▸ TASK OBJECTIVE
Scan the following material for the string "answers" and copy each line in which it appears.

──────

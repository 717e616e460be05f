// One monitor of the table in a heartbeat, and a message on its way from monitor to monitor. Monitors are counted from 0.
ghost use Rattle.std.specs.Prelude.{◌≡◌, [], suc, ◌+◌, ◌*◌, ◌<◌, ◌≤◌, length};
ghost use Rattle.laws.specs.Rows.{row_at};
ghost use Rattle.records.specs.Record.{record_size};
ghost use Rattle.records.specs.Commands.{most_monitors};
ghost use Rattle.judging.specs.Table.{changed_at};
ghost use Rattle.messages.specs.Messages.{message};
ghost use Rattle.heartbeats.specs.Steps.{towards_a, is_timeout, wakes, answers, late};
ghost use Rattle.passing.specs.Hops.{bytes_sent, wake_sends, wake_leaves, hop_leaves, hops, behind, way, sent_along, left_along};

use heartbeats::{Beat, is_towards_a, reach, run_out};
use judging::record_at;
use messages::message;

// Towards which end does the monitor at k send?
pub(crate) fn towards_a_at(table: &[u8], k: usize) -> bool
    requires { k * record_size + record_size ≤ length table.now }
    ensures { result ≡ towards_a (row_at record_size k table.now) }
{
    match record_at(table, k) {
        Some(lies) => is_towards_a(&table[lies]),
        None => false,
    }
}

// The monitor at k wakes.
pub(crate) fn wake_at(table: &mut [u8], k: usize) -> Option<Beat>
    requires { k * record_size + record_size ≤ length table.old }
    ensures value { result ≡ wakes (row_at record_size k table.old) }
    ensures table_after { table.new ≡ wake_leaves k table.old }
{
    let lies = record_at(table, k)?;
    heartbeats::wake(&mut table[lies])
}

// Bytes reach the monitor at k.
pub(crate) fn reach_at(table: &mut [u8], k: usize, bytes: &[u8]) -> Option<Beat>
    requires { k * record_size + record_size ≤ length table.old }
    ensures value { result ≡ answers bytes.now (row_at record_size k table.old) }
    ensures table_after { table.new ≡ hop_leaves k bytes.now table.old }
{
    let lies = record_at(table, k)?;
    reach(&mut table[lies], bytes)
}

// The time runs out at the monitor at k: is it a timeout monitor?
pub(crate) fn run_out_at(table: &mut [u8], k: usize) -> bool
    requires { k * record_size + record_size ≤ length table.old }
    ensures value { result ≡ is_timeout (row_at record_size k table.old) }
    ensures table_after { table.new ≡ changed_at k late table.old }
{
    match record_at(table, k) {
        Some(lies) => run_out(&mut table[lies]),
        None => false,
    }
}

// The road of a message: from the monitor at k of n towards one end of the chain.
#[derive(Clone, Copy)]
pub(crate) struct Road {
    pub(crate) to_a: bool,
    pub(crate) n: usize,
    pub(crate) k: usize,
}

// How many hops it is to the end of the chain.
#[tactic(auto, unfolding(crate::specs::Hops::hops))]
fn hops(road: Road) -> usize
    requires { road.k < road.n }
    ensures { result ≡ hops road.to_a road.n road.k }
{
    if road.to_a {
        road.k
    } else {
        road.n - road.k - 1
    }
}

// The monitor behind hop i.
#[tactic(auto, unfolding(crate::specs::Hops::behind))]
fn behind(road: Road, i: usize) -> usize
    requires { (road.k < most_monitors) × (i < most_monitors) }
    ensures { result ≡ behind road.to_a road.k i }
{
    if road.to_a {
        road.k.saturating_sub(i + 1)
    } else {
        road.k + i + 1
    }
}

// A message on its way: what is left of it at the end of the chain.
fn pass_on(table: &mut [u8], road: Road, first: Beat) -> Option<Beat>
    requires { (road.k < road.n) × (road.n ≤ most_monitors) × (length table.old ≡ road.n * record_size) }
    ensures result_value { bytes_sent result ≡ sent_along (way road.to_a road.n road.k) (message first.count first.flags) table.old }
    ensures table_after { table.new ≡ left_along (way road.to_a road.n road.k) (message first.count first.flags) table.old }
{
    let mut beat = first;
    let last = hops(road);
    for i in 0..last {
        let own = message(beat.count, beat.flags);
        beat = reach_at(table, behind(road, i), &own)?;
    }
    Some(beat)
}

// The monitor at the start of a road wakes, and what it sends goes its way: what leaves the chain.
pub(crate) fn beat_from(table: &mut [u8], road: Road) -> Option<Beat>
    requires { (road.k < road.n) × (road.n ≤ most_monitors) × (length table.old ≡ road.n * record_size) }
    ensures result_value { bytes_sent result ≡ sent_along (way road.to_a road.n road.k) (wake_sends road.k table.old) (wake_leaves road.k table.old) }
    ensures table_after { table.new ≡ left_along (way road.to_a road.n road.k) (wake_sends road.k table.old) (wake_leaves road.k table.old) }
{
    let first = wake_at(table, road.k)?;
    pass_on(table, road, first)
}
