// The table of records, the refusals of a frame that both engines judge alike, and the place of one monitor.
#![tactic(auto)]

mod heads;
mod places;
mod tables;

pub use heads::{Judged, command_in, judge_head};
pub use places::place_of;
pub use tables::{record_at, sound, sound_count, whole_table};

──────

▸ SOLUTION TO THE PROBLEM
ghost use Rattle.heartbeats.specs.Steps.{towards_a, is_timeout, wakes, answers, late};
    ensures value { result ≡ answers bytes.now (row_at record_size k table.old) }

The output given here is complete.